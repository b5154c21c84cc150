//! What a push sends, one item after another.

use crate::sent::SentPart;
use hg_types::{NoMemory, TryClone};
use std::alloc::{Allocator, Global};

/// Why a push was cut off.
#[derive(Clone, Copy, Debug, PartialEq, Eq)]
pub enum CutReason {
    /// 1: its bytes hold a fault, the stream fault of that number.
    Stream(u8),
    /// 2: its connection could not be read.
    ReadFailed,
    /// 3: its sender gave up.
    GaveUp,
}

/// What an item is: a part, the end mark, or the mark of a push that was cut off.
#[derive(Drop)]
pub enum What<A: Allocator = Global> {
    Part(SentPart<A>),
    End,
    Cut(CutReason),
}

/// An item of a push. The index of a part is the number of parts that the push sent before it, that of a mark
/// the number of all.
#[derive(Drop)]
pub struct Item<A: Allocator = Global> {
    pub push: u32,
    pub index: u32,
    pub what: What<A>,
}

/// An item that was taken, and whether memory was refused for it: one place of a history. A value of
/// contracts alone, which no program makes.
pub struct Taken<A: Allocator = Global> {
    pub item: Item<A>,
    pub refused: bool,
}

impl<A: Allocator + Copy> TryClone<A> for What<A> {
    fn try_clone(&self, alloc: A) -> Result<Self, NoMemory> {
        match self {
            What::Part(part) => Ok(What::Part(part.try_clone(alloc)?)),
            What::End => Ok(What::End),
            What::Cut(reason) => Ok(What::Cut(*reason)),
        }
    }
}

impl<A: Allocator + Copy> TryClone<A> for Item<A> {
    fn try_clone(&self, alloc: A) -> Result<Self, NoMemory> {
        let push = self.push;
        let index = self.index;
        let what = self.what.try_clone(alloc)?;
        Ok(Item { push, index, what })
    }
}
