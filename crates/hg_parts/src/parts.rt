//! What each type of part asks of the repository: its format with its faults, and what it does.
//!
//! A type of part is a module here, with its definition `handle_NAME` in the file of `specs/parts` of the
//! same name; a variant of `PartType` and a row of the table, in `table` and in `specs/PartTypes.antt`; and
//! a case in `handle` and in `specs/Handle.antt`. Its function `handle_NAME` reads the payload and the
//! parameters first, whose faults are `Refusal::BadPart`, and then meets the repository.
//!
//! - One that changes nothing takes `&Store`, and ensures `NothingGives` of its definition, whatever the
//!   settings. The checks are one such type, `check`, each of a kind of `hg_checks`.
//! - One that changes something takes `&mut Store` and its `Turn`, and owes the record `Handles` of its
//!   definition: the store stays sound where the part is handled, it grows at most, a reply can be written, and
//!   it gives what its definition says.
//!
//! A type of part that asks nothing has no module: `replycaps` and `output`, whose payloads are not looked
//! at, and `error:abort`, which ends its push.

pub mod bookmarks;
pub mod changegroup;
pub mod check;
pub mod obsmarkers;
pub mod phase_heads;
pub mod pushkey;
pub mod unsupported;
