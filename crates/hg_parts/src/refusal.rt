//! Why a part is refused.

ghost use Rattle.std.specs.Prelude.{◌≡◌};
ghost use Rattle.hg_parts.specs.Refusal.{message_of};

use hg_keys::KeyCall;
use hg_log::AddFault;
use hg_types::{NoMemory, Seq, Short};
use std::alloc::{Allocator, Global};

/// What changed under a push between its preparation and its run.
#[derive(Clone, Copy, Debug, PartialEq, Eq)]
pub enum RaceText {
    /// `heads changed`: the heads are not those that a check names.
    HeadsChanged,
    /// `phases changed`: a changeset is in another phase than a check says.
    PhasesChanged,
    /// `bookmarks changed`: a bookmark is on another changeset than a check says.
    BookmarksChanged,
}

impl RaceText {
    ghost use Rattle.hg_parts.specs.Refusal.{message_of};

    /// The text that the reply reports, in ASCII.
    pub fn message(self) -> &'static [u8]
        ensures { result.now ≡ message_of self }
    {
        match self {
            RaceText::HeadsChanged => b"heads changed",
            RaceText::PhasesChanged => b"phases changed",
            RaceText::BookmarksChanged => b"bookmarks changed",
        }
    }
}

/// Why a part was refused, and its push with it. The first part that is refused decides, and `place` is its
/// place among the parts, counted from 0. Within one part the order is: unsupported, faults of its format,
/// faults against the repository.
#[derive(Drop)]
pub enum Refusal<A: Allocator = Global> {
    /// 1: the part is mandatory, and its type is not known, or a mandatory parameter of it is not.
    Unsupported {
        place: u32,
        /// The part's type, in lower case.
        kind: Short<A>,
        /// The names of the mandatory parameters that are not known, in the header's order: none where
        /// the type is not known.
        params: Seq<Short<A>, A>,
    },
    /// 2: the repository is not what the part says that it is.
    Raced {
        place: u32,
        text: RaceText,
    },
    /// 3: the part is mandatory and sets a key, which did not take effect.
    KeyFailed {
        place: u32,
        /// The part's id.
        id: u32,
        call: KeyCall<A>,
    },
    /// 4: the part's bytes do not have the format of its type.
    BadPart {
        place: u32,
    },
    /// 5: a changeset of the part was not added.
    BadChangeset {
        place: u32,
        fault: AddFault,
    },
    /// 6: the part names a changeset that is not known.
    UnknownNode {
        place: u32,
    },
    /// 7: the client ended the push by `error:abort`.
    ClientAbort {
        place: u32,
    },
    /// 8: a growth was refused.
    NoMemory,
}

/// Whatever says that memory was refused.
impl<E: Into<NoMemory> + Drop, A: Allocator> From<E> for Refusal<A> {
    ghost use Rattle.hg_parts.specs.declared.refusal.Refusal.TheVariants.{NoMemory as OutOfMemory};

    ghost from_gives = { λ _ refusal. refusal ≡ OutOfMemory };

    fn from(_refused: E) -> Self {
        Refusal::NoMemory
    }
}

------------------------

Using the listing above, list every line in which the string "antt" occurs.

_Answer to this problem:_
//! same name; a variant of `PartType` and a row of the table, in `table` and in `specs/PartTypes.antt`; and
//! a case in `handle` and in `specs/Handle.antt`. Its function `handle_NAME` reads the payload and the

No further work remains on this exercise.